CommunityData:Dataverse
The Harvard Dataverse is an archive for datasets and code hosted by Harvard but available to anybody. The Community Data Science Collective Dataverse a portal within the Harvard Dataverse that is for CDSC projects and that is managed by our team.
How should I add things to the CDSC Dataverse?[edit]
If you have not done so before, everyone should begin by:
- Create an account You might want to use your institutional login for it or you can create a new one with your username/email and password.
- Ask an existing administration to make you a member/administrator of the CDSC dataverse (everybody in the group should be an admin so it's best to ask on IRC).
You now need to select between one of two choices: (1) The first is to create your dataset within the CDSC Dataverse. This is usually best because anyone in the group can manage it. (2) Th second is to create it outside of the Dataverse but to "link" it. You will typically do this when there is access-restricted data that should not be available to everyone in the group.
If you want to create a dataset in the CDSC Dataverse you should create your replication package or dataset release by:
- Go to the CDSC Dataverse Page
- Click "+ Add Data" → "New Dataset"
- Make sure that "Host Dataverse" says "Community Data Science Collective Dataverse"
- Upload and fill out metadata fields (minimally, include a README.txt file to explain how to use your data and code)
- Publish/release!
If you want to create your dataset outside the CDSC Dataverse but have it listed you will need to:
- Go to the Main Harvard Dataverse Page
- Click "Click" → "Add a Dataset"
- Make sure that "Host Dataverse" says "Harvard Dataverse"
- Upload and fill out metadata fields (minimally, include a README.txt file to explain how to use your data and code)
- Publish/release!
- Click the "Link Dataset" button on your dataset page and then type/select the Community Data Science Collective Dataverse.
Finally, if you have already created a dataset and want it moved into the CDSC Dataverse, you will need to click the Support button on the top each page and write a message asking them to move it for you. They usually do this very quickly.
An open science workflow using dataverse[edit]
There are many ways to follow open science practices. One way to fit the CDSC dataverse into your open science workflow is as follows:
Step 1: Anonymous while under review[edit]
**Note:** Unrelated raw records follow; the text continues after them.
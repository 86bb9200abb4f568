//! Crate root, exports only. Struct `Space` is the address space of a process in memory: page table, frames and regions. Its
//! calls build, rebuild (exec) and destroy it; bring pages into memory, read, write, mark, find and drop them; make user
//! accesses; change regions. By `IsSpace` contracts say which process of the model (crate `process_model`) a space is.
//! Struct `KernelTable` is the kernel's page table.
#![tactic(auto)]

mod build;
mod byte_runs;
mod frame_need;
mod kernel;
mod laws;
mod layout;
mod own_page;
mod page_marks;
mod pages;
mod part;
mod region;
mod settled_pages;
mod space;
mod teardown;
mod user_access;

pub use build::TRAMPOLINE_FRAME;
pub use frame_need::frames_needed;
pub use kernel::{KernelTable, leaf_for_kernel};
pub use laws::walks_grant_what_is_resident;
pub use layout::Layout;
pub use part::Part;
pub use region::{Region, RegionKind, Source};
pub use settled_pages::SettledPage;
pub use space::Space;
pub use user_access::{AccessRequest, misalignment};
Some publications ask for an anonymized release of code and data. This is easy to do without breaking double-blind anonymity. Generate a code and data package that doesn't include information that will identify you, and then when uploading do not fill out metadata fields with authorship information and do not release (publish) your archive. Delete places where it autofills your name. Once your files are uploaded, under 'Edit Dataset', there's an option to 'Generate Private URL'. See details in the user guide. You'll see that this creates a blue box at the top of your archive which reads "Unpublished Dataset Private URL – Privately share this dataset before it is published:" -- that's the link to share with your reviewers (test this link with another browser to be sure that it doesn't reveal anything).
Step 2: Identified after acceptance[edit]
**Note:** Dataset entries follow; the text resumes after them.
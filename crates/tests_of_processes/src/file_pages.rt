// Tests that `Cabinet` (the files of a machine) keeps the lengths and modes of sixteen files, and reads, lends and writes
// pages at the ends of files, past them, and of files that do not exist: rows of file, offset, place and byte. `THREE_FILES`:
// the files of these tests and of those of promises.

use crate::cabinets::{Text, cabinet};
use crate::rows::expect;
use file_cabinet::{Cabinet, Files};
use std::test::Fail;

/// Three files: 0 is writable, with 5,000 bytes of which 4,100 are declared; 1 is read-only and has no bytes; 2 is writable,
/// with 65,536 bytes, all declared. Bytes are 0, 1, 2 and so on, with 0 again after 255.
pub(crate) static THREE_FILES: [Text; 3] = [
    (5_000, true, 4_100, 0, 1),
    (0, false, 0, 0, 1),
    (65_536, true, 65_536, 0, 1),
];

/// Sixteen files that declare all their bytes. Those with an even number are writable.
static SIXTEEN_FILES: [Text; 16] = [
    (0, true, 0, 0, 1),
    (1, false, 1, 0, 1),
    (100, true, 100, 0, 1),
    (4_095, false, 4_095, 0, 1),
    (4_096, true, 4_096, 0, 1),
    (4_097, false, 4_097, 0, 1),
    (5_000, true, 5_000, 0, 1),
    (8_192, false, 8_192, 0, 1),
    (12_288, true, 12_288, 0, 1),
    (12_289, false, 12_289, 0, 1),
    (20_000, true, 20_000, 0, 1),
    (32_768, false, 32_768, 0, 1),
    (40_000, true, 40_000, 0, 1),
    (61_440, false, 61_440, 0, 1),
    (65_535, true, 65_535, 0, 1),
    (65_536, false, 65_536, 0, 1),
];

/// The length of a file, the number of its bytes, `None` if there is no such file; and whether it is writable.
fn shape(files: &Cabinet, number: usize) -> (Option<usize>, Option<usize>, bool) {
    let bytes = match files.bytes(number) {
        Some(bytes) => Some(bytes.len()),
        None => None,
    };
    (files.length(number), bytes, files.writable(number))
}

#[test]
fn keeps_sixteen_files(rt: HostRuntime) -> Result<(), Fail> {
    let files = cabinet(rt.alloc(), &SIXTEEN_FILES)?;
    for number in 0..SIXTEEN_FILES.len() {
        let length = Some(SIXTEEN_FILES[number].0);
        let wanted = (length, length, SIXTEEN_FILES[number].1);
        expect(&rt, number, shape(&files, number), wanted);
    }
    for number in [16, usize::MAX] {
        expect(&rt, number, shape(&files, number), (None, None, false));
    }
    Ok(())
}

/// The byte at `place` of a page that is lent, `Some(None)` if the page ends before it; `None` if no page is lent.
fn lent_byte(files: &Cabinet, file: usize, offset: usize, place: usize) -> Option<Option<u8>> {
    let bytes = files.lent_page(file, offset)?;
    Some(bytes.get(place).copied())
}

/// `byte`, as `lent_byte` must return it at `place` of a page from `offset` on of a file of this length.
fn as_lent(length: Option<usize>, offset: usize, place: usize, byte: u8) -> Option<Option<u8>> {
    let rest = length?.saturating_sub(offset);
    Some(if place < rest { Some(byte) } else { None })
}

/// A file, the offset of a page in it, a place in the page, and the byte there.
static READS: [(usize, usize, usize, u8); 22] = [
    (0, 0, 0, 0),
    (0, 0, 255, 255),
    (0, 0, 256, 0),
    (0, 0, 4_095, 255),
    (0, 1, 0, 1),
    (0, 4_000, 0, 160),
    (0, 4_000, 99, 3),
    (0, 4_000, 100, 0),
    (0, 4_099, 0, 3),
    (0, 4_100, 0, 0),
    (0, 4_999, 4_095, 0),
    (0, 5_000, 0, 0),
    (0, usize::MAX, 4_095, 0),
    (1, 0, 0, 0),
    (1, 0, 4_095, 0),
    (2, 61_440, 4_095, 255),
    (2, 65_534, 0, 254),
    (2, 65_534, 1, 255),
    (2, 65_534, 2, 0),
    (2, 65_536, 0, 0),
    (3, 0, 0, 0),
    (3, 0, 4_095, 0),
];

#[test]
fn reads_pages(rt: HostRuntime) -> Result<(), Fail> {
    let mut files = cabinet(rt.alloc(), &THREE_FILES)?;
    for number in 0..READS.len() {
        let (file, offset, place, byte) = READS[number];
        let mut page = [9; 4096];
        files.read_page(file, offset, &mut page);
        let there = page.get(place).copied();
        let lent = lent_byte(&files, file, offset, place);
        let wanted = as_lent(files.length(file), offset, place, byte);
        expect(&rt, number, (there, lent), (Some(byte), wanted));
    }
    Ok(())
}

/// The byte of a file at an offset; `None` if it has none there.
pub(crate) fn byte_at(files: &Cabinet, file: usize, offset: usize) -> Option<u8> {
    files.bytes(file)?.get(offset).copied()
}

/// A file and the offset at which the page below is written to it; and a file, an offset in it, and the byte there then.
static WRITES: [(usize, usize, usize, usize, Option<u8>); 21] = [
    (0, 0, 0, 0, Some(8)),
    (0, 0, 0, 1, Some(7)),
    (0, 0, 0, 4_095, Some(9)),
    (0, 0, 0, 4_098, Some(2)),
    (0, 0, 2, 1, Some(1)),
    (0, 4_000, 0, 3_999, Some(159)),
    (0, 4_000, 0, 4_000, Some(8)),
    (0, 4_000, 0, 4_999, Some(7)),
    (0, 4_000, 0, 5_000, None),
    (0, 4_999, 0, 4_998, Some(0)),
    (0, 4_999, 0, 4_999, Some(8)),
    (0, 5_000, 0, 4_999, Some(0)),
    (0, usize::MAX, 0, 4_999, Some(0)),
    (1, 0, 1, 0, None),
    (2, 61_440, 2, 61_439, Some(255)),
    (2, 61_440, 2, 61_440, Some(8)),
    (2, 61_440, 2, 65_535, Some(9)),
    (2, 61_441, 2, 65_535, Some(7)),
    (2, 61_441, 2, 65_536, None),
    (3, 0, 2, 2, Some(2)),
    (3, 0, 3, 0, None),
];

#[test]
fn writes_pages(rt: HostRuntime) -> Result<(), Fail> {
    let mut page = [7; 4096];
    page[0] = 8;
    page[4_095] = 9;
    for number in 0..WRITES.len() {
        let (file, offset, seen, at, byte) = WRITES[number];
        let mut files = cabinet(rt.alloc(), &THREE_FILES)?;
        files.write_page(file, offset, &page);
        let lengths = [files.length(0), files.length(1), files.length(2)];
        let kept = [Some(5_000), Some(0), Some(65_536)];
        expect(
            &rt,
            number,
            (byte_at(&files, seen, at), lengths),
            (byte, kept),
        );
    }
    Ok(())
}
You might like to include a link to your dataverse in your paper; you might also want to add it to your accepted preprint before uploading the paper into arXiv. Fill out as many metadata fields as you find useful (authors, description, subject, keywords), ask a colleague to take a look at your archive, and then release it.
Step 3: Updated after publication[edit]
After your paper is published and the DOI goes live, why not add this information into your archive so that others can find it (the 'Related Publication' metadata field)?
Potential questions and problems[edit]
Oh no, I made an error in my archive![edit]
After an archive is released, you can make updates. But if you've realized that the previous version is sufficiently bad that you don't want it to be findable, the archive needs to be deleted or 'deaccessioned'.
What's this message about my data format and 'tabular ingest failed'?[edit]
Dataverse wants to be able to present your data in tabular form for people to view live without downloading, and is having trouble parsing what you uploaded. You can reformat, or you can ignore this error.
My replication package has a main directory and subdirectories -- how do I represent this?[edit]
Dataverse assumes everything is in the root. If you have subdirectories, the way to make this work is to upload the files from those subdirectories and then specify the file path using the UI that only shows up after you do the upload.